# Remm. 25-06



## smileyball32 (Dec 27, 2004)

i just bought a savage left handed 25-06(remm.) rifle
i have a Bushnell Sportsman 3-9 scope on it.
i bought it for $300
any tips on shooting this cartridge?
any defects i should look for?
any maintenence tips( this is my first rifle)?


----------



## People (Jan 17, 2005)

I am sure someone will know what you want to know.


----------



## tikka_shooter (Nov 11, 2005)

i have a 25-06 tikka. i love it i have a 4-16 by 44 weaver scope on it. i shoot any thing from 80-120 grains with it, it shoots bout every kind of shell pretty much the same. I paid 650 for the gun and 180 for the scope, sum people on here im sure will start sayin that ur gun is too cheap or wutever, dont listen to them!!!! cheap gtuns will shoot just as good as any other.


----------



## bwnelson (Oct 29, 2002)

FWIW:

I've shot Two Bit Aught's for years. Have since fallen in love with a .280 but the 25 gets plenty of range work (particularly because it is kinda tempermental and I'm always "working on it"). In any event, I think the 25-06 is the ultimate Nodak cartridge. All you want for anything smaller than Moose and Elk and a "once in a lifetime" tag deserves a new rifle.

25's are excellent truck guns, flat shooters and low recoil.

I have been very impressed with both 100 gr Barnes TSX's and 100 gr Hornady Interlock SP over about 55g of H4831 for Deer loads.

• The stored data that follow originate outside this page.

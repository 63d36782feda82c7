// Fractions and tables.

ghost use Rattle.std.specs.Prelude.{◌≡◌, ◌<◌, ◌≤◌, ◌^◌, ◌↔◌, pos, IsTrue, OnOk, ◌&&◌, ◌==◌, false};
ghost use Rattle.algebra.specs.Sign.{signed};
ghost use Rattle.algebra.specs.LowestTerms.{top, bottom};
ghost use Rattle.ratio.specs.Value.{fraction_of};
ghost use Rattle.c_text.specs.Stream.{Gives};
ghost use Rattle.c_text.specs.Parser.{stream, left};
ghost use Rattle.c_text.specs.Lowest.{is_out, fraction_from};
ghost use Rattle.c_text.specs.Fractions.{sign_at, half_at, part_at, fraction_at, item_at, further_item_at, further_items_at, items_at, table_name_at, table_at, tables_at};

use crate::number::{half, table_number};
use crate::parser::{Parser, syntax};
use crate::place::refused;
use crate::refusal::{KernelKind, ReadFault};
use ratio::Ratio;
use sqlite_items::Items;
use std::alloc::Global;

const LIMIT: u128 = 0x8000_0000_0000_0000_0000_0000_0000_0000;

/// The greatest size.
pub const LARGEST: u32 = 0x100_0000;

// Whether the parts are no fraction's in lowest terms, but for a common divisor.
#[tactic(auto, unfolding(crate::specs::Lowest::is_out))]
fn is_out_of_range(negative: bool, top: u128, bottom: u128) -> bool
    ensures { result ≡ is_out negative top bottom }
{
    bottom == 0 || top >= LIMIT || bottom >= LIMIT || (negative && top == 0)
}

fn with_sign(negative: bool, size: u128) -> i128
    requires { size < 2 ^ 127 }
    ensures { result ≡ signed negative size }
{
    let size = size as i128;
    if negative { -size } else { size }
}

fn has_parts(value: Ratio, num: i128, den: i128) -> bool
    ensures { IsTrue result ↔ ((top (fraction_of value) ≡ num) × (pos (bottom (fraction_of value)) ≡ den)) }
{
    value.num() == num && value.den() == den
}

// The fraction of these parts, where they have no common divisor.
fn fraction_in_range(negative: bool, top: u128, bottom: u128) -> Option<Ratio>
    requires top_fits { top < 2 ^ 127 }
    requires bottom_fits { bottom < 2 ^ 127 }
    requires proper { (negative && top == 0) ≡ false }
    ensures { result ≡ fraction_from negative top bottom }
{
    let num = with_sign(negative, top);
    let den = bottom as i128;
    let Some(value) = Ratio::new(num, den) else {
        return None;
    };
    if has_parts(value, num, den) {
        Some(value)
    } else {
        None
    }
}

// The fraction of these parts, where they are below 2^127, in lowest terms and no negative zero.
fn fraction_of_parts(negative: bool, top: u128, bottom: u128) -> Option<Ratio>
    ensures { result ≡ fraction_from negative top bottom }
{
    if is_out_of_range(negative, top, bottom) {
        return None;
    }
    fraction_in_range(negative, top, bottom)
}

impl<'a> Parser<'a> {
    // Whether the fraction is negative.
    #[tactic(auto, unfolding(crate::specs::Fractions::sign_at))]
    fn sign(&mut self) -> Result<bool, ReadFault>
        ensures read { Gives (λ x. x) result (stream self.new) (sign_at (stream self.old)) }
        ensures shorter { OnOk result (left self.new < left self.old) }
    {
        let token = self.shift()?;
        match token.text {
            b"0" => Ok(false),
            b"1" => Ok(true),
            _ => Err(syntax(token.line)),
        }
    }

    // A number below 2^64 behind a comma, and its line.
    #[tactic(auto, unfolding(crate::specs::Fractions::half_at))]
    fn half(&mut self) -> Result<(u64, u32), ReadFault>
        ensures read { Gives (λ x. x) result (stream self.new) (half_at (stream self.old)) }
        ensures shorter { OnOk result (left self.new < left self.old) }
    {
        self.expect(b",")?;
        let token = self.shift()?;
        match half(token.text) {
            Some(value) => Ok((value, token.line)),
            None => Err(syntax(token.line)),
        }
    }

    // A part of a fraction, and the line of its second half.
    #[tactic(auto, unfolding(crate::specs::Fractions::part_at))]
    fn part(&mut self) -> Result<(u128, u32), ReadFault>
        ensures read { Gives (λ x. x) result (stream self.new) (part_at (stream self.old)) }
        ensures shorter { OnOk result (left self.new < left self.old) }
    {
        let (high, _line) = self.half()?;
        let (low, line) = self.half()?;
        Ok(((high as u128) * 0x1_0000_0000_0000_0000 + low as u128, line))
    }

    /// The sign and the four halves of a fraction.
    #[tactic(auto, unfolding(crate::specs::Fractions::fraction_at))]
    pub fn fraction(&mut self) -> Result<Ratio, ReadFault>
        ensures read { Gives (λ x. x) result (stream self.new) (fraction_at (stream self.old)) }
        ensures shorter { OnOk result (left self.new < left self.old) }
    {
        let negative = self.sign()?;
        let (top, _line) = self.part()?;
        let (bottom, line) = self.part()?;
        match fraction_of_parts(negative, top, bottom) {
            Some(value) => Ok(value),
            None => Err(refused(KernelKind::Bound, line)),
        }
    }

    // An item of a table.
    #[tactic(auto, unfolding(crate::specs::Fractions::item_at))]
    fn item(&mut self) -> Result<Ratio, ReadFault>
        ensures read { Gives (λ x. x) result (stream self.new) (item_at (stream self.old)) }
        ensures shorter { OnOk result (left self.new < left self.old) }
    {
        self.expect(b"{")?;
        let value = self.fraction()?;
        self.expect(b"}")?;
        Ok(value)
    }

    // An item behind a comma.
    #[tactic(auto, unfolding(crate::specs::Fractions::further_item_at))]
    fn further_item(&mut self) -> Result<Ratio, ReadFault>
        ensures read { Gives (λ x. x) result (stream self.new) (further_item_at (stream self.old)) }
        ensures shorter { OnOk result (left self.new < left self.old) }
    {
        self.expect(b",")?;
        self.item()
    }

    #[tactic(auto, unfolding(crate::specs::Fractions::further_items_at))]
    fn further_items(&mut self, first: Items<Ratio>) -> Result<Items<Ratio>, ReadFault>
        ensures read { Gives (λ x. x) result (stream self.new) (further_items_at first (stream self.old)) }
        ensures shorter { OnOk result (left self.new ≤ left self.old) }
    {
        let mut items = first;
        'all: loop {
            if !self.next_is(b",") {
                return Ok(items);
            }
            let item = self.further_item()?;
            items.push(item)?;
        }
    }

    #[tactic(auto, unfolding(crate::specs::Fractions::items_at))]
    fn items(&mut self, alloc: Global) -> Result<Items<Ratio>, ReadFault>
        ensures read { Gives (λ x. x) result (stream self.new) (items_at (stream self.old)) }
        ensures shorter { OnOk result (left self.new ≤ left self.old) }
    {
        let mut items = Items::new(alloc);
        if self.next_is(b"}") {
            return Ok(items);
        }
        let item = self.item()?;
        items.push(item)?;
        self.further_items(items)
    }

    // The name of the table with this number.
    #[tactic(auto, unfolding(crate::specs::Fractions::table_name_at))]
    fn table_name(&mut self, number: usize) -> Result<(), ReadFault>
        ensures read { Gives (λ x. x) result (stream self.new) (table_name_at number (stream self.old)) }
        ensures shorter { OnOk result (left self.new < left self.old) }
    {
        let token = self.shift()?;
        match table_number(token.text) {
            Some(found) if found as usize == number => Ok(()),
            _ => Err(syntax(token.line)),
        }
    }

    #[tactic(auto, unfolding(crate::specs::Fractions::table_at))]
    fn table(&mut self, alloc: Global, number: usize) -> Result<Items<Ratio>, ReadFault>
        ensures read { Gives (λ x. x) result (stream self.new) (table_at number (stream self.old)) }
        ensures shorter { OnOk result (left self.new < left self.old) }
    {
        self.expect_all(&[b"static", b"const", b"fr_lit"])?;
        self.table_name(number)?;
        self.expect(b"[")?;
        let (stated, _line) = self.number()?;
        self.expect_all(&[b"]", b"=", b"{"])?;
        let items = self.items(alloc)?;
        let line = self.expect(b"}")?;
        let count = items.len();
        if count == 0 || count > LARGEST as usize || count != stated as usize {
            return Err(refused(KernelKind::Bound, line));
        }
        self.expect(b";")?;
        Ok(items)
    }

    /// The tables of a function.
    #[tactic(auto, unfolding(crate::specs::Fractions::tables_at))]
    pub fn tables(&mut self, alloc: Global) -> Result<Items<Items<Ratio>>, ReadFault>
        ensures read { Gives (λ x. x) result (stream self.new) (tables_at (stream self.old)) }
        ensures shorter { OnOk result (left self.new ≤ left self.old) }
    {
        let mut tables = Items::new(alloc);
        'all: loop {
            if !self.next_is(b"static") {
                return Ok(tables);
            }
            let table = self.table(alloc, tables.len())?;
            tables.push(table)?;
        }
    }
}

As a side note I took a box of Fed Power Shock 120's to the range the day before opener as a test box. They only Chrony'd at about 2750. My 100 g handloads typically run 3175-3200 out of a 22" tube at mild pressures. Moral of the story ... never believe the published fps.

Enjoy the gun.


----------



## Kiwi98j (Sep 6, 2005)

smileyball32 said:


> i just bought a savage left handed 25-06(remm.) rifle
> i have a Bushnell Sportsman 3-9 scope on it.
> i bought it for $300
> any tips on shooting this cartridge?
> ...


Sounds like you have a fine rifle there.

The Savage is very user friendly and easy to work on for someone with moderate mechanical skills. Like all brands, there are some things that are brand specific and just takes a bit of time and shooting to get to know the rifle and how it behaves. Savage centerfires are configured with synthetic stocks, wood stock, laminate stocks in many variations with a number of barrel lengths and contours and materials. If you would give the model number, more information can be relayed. The bolt is easy to disassemble and mantain. Savages are button rifled, full floated, pillar bedded with a floating bolt head and barrel nut design. They are considered amoung the most accurate commercial designs available.

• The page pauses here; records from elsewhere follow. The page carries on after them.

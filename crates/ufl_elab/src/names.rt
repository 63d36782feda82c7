//! The names: those that are assigned, and those of the language.

ghost use Rattle.std.specs.Prelude.{◌≡◌, nat_lt};
ghost use Rattle.ufl_elab.specs.Entries.{count_of, freed_of};

use crate::bound::Bound;
use crate::shared::Shared;
use indexmap::IndexMap;
use std::alloc::{AllocError, Global};
use ufl_calls::table_value;
use ufl_syntax::Span;
use ufl_values::{Reason, Value};

/// Most nodes of the values of all names together.
const MOST_NODES: u64 = 1_000_000;

/// A file, and the names that are assigned in it, in the order of their first assignment, with the number of nodes of
/// all their values. A name is a slice of the file.
#[derive(Drop)]
pub struct Names<'a> {
    pub file: &'a [u8],
    pub bound: IndexMap<&'a [u8], Bound>,
    nodes: u64,
    ghost counted: { nodes ≡ count_of bound.entries },
}

/// All values have more nodes together than they may.
fn are_too_many(nodes: u64) -> bool
    ensures { result ≡ nat_lt 1000000 nodes }
{
    nodes > MOST_NODES
}

/// How many nodes a former value had.
fn freed(former: Option<Bound>) -> u64
    ensures { result ≡ freed_of former }
{
    match former {
        Some(old) => old.value.nodes() as u64,
        None => 0,
    }
}

impl<'a> Names<'a> {
    ghost use Rattle.std.specs.Prelude.{◌≡◌, [], nat_lt, OnOk};
    ghost use Rattle.std.specs.Option.{option_copied};
    ghost use Rattle.ufl_syntax.specs.Spans.{word_at};
    ghost use Rattle.ufl_values.specs.Answer.{Answers};
    ghost use Rattle.ufl_elab.specs.Names.{bound_by, assign, get, value_in, nodes_in};
    ghost use Rattle.ufl_elab.specs.Answers.{file_in, names_in};

    /// No names are assigned yet.
    pub fn new(alloc: Global, file: &'a [u8]) -> Names<'a>
        ensures file { file_in result ≡ file.now }
        ensures names { names_in result ≡ [] }
    {
        Names {
            file,
            bound: IndexMap::new(alloc),
            nodes: 0,
        }
    }

    /// The word that stands there, as far as the file goes.
    pub fn text(&self, span: Span) -> &'a [u8]
        ensures { result.now ≡ word_at (file_in self.now) span }
    {
        span.text(self.file)
    }

    /// The values of all names have more nodes together than a file may have.
    pub fn is_full(&self) -> bool
        ensures { result ≡ nat_lt 1000000 (nodes_in (names_in self.now)) }
    {
        are_too_many(self.nodes)
    }

    /// What the name is bound to.
    fn get(&self, name: &[u8]) -> Option<&Bound>
        ensures { option_copied result ≡ get (names_in self.now) name.now }
    {
        self.bound.get(name)
    }

    /// The value of the name: what it is bound to, or else its meaning in the language.
    pub fn value(&self, alloc: Global, name: &[u8]) -> Result<Shared, Reason>
        ensures { Answers result (value_in (names_in self.now) name.now) }
    {
        match self.get(name) {
            Some(bound) => Ok(bound.value.share()?),
            None => Ok(Shared::new(alloc, table_value(name)?)?),
        }
    }

    /// Binds the target to the value, in a statement that begins on this line.
    pub fn assign(&mut self, target: Span, line: u32, value: Shared) -> Result<(), AllocError>
        ensures file { file_in self.new ≡ file_in self.old }
        ensures names { OnOk result (names_in self.new
            ≡ assign (names_in self.old) (word_at (file_in self.old) target) (bound_by target line value)) }
    {
        let Some(total) = self.nodes.checked_add(value.nodes() as u64) else {
            return Err(AllocError);
        };
        let name = self.text(target);
        match self.bound.insert(name, Bound::new(value, line, target)) {
            Ok(former) => {
                self.nodes = total - freed(former);
                Ok(())
            }
            Err(_) => Err(AllocError),
        }
    }
}
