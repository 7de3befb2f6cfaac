//! A [`Wire`] that appends to a buffer in memory.
ghost use Rattle.std.specs.Prelude.{◌≡◌, ◌<◌, ◌↔◌, [], IsTrue};
ghost use Rattle.pdu.specs.Sent.{line_of};

use crate::wire::{Wire, WireFailed};
use element::count::Count;
use std::alloc::Allocator;
use std::marker::Model;

/// A [`Wire`] that appends the sent bytes to a vector. A send fails if the allocator does, and has
/// then sent no byte.
#[derive(Drop)]
pub struct MemoryWire<A: Allocator> {
    bytes: Vec<u8, A>,
    has_failed: bool,
    failures: Count,
}

impl<A: Allocator> Model for MemoryWire<A> {
    ghost use Rattle.std.specs.Prelude.{◌<◌, ◌↔◌, IsTrue};
    ghost use Rattle.pdu.specs.Sent.{Memory};

    ghost Value = { Memory };

    ghost view = { λ w. record { sent = w.bytes.items; failures = w.failures } };

    ghost invariant = { λ w. IsTrue w.has_failed ↔ (0 < w.failures) };
}

impl<A: Allocator> MemoryWire<A> {
    /// Creates a wire with an empty vector. Allocates nothing.
    pub fn new(alloc: A) -> MemoryWire<A>
        ensures nothing { result.sent ≡ [] }
        ensures never { result.failures ≡ 0 }
    {
        MemoryWire {
            bytes: Vec::new(alloc),
            has_failed: false,
            failures: Count::new(),
        }
    }

    /// Returns the bytes sent so far.
    pub fn sent(&self) -> &[u8]
        ensures { result.now ≡ self.now.sent }
    {
        self.bytes.as_slice()
    }

    /// Returns whether a send has failed.
    pub fn failed(&self) -> bool
        ensures { IsTrue result ↔ (0 < self.now.failures) }
    {
        self.has_failed
    }
}

impl<A: Allocator> Wire for MemoryWire<A> {
    ghost line = { line_of };

    fn send(&mut self, bytes: &[u8]) -> Result<(), WireFailed> {
        if self.bytes.extend_from_slice(bytes).is_err() {
            self.has_failed = true;
            self.failures.add_one();
            return Err(WireFailed);
        }
        Ok(())
    }
}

The 25-06 is a very good cartridge and will take any North American game up to 300 lbs. It's a flat, high velocity, accurate cartridge with moderate recoil. Only a few factory taget loads are available but there is a good range of hunting loads available. Dies and shell holdes for reloading are commonaly available and the cartridge responds well to handloading in many different bullet weights and powder charges.

If you don't have a copy of the Savage manual, I would suggest you try to find one from the Savae web site http://www.savagearms.com/

As far as maintenance tips - setting up a cleaning and lubeing routine is always a good idea as is checking rifle, scope base and rings screws and bolts for tightness before heading out to the range or field.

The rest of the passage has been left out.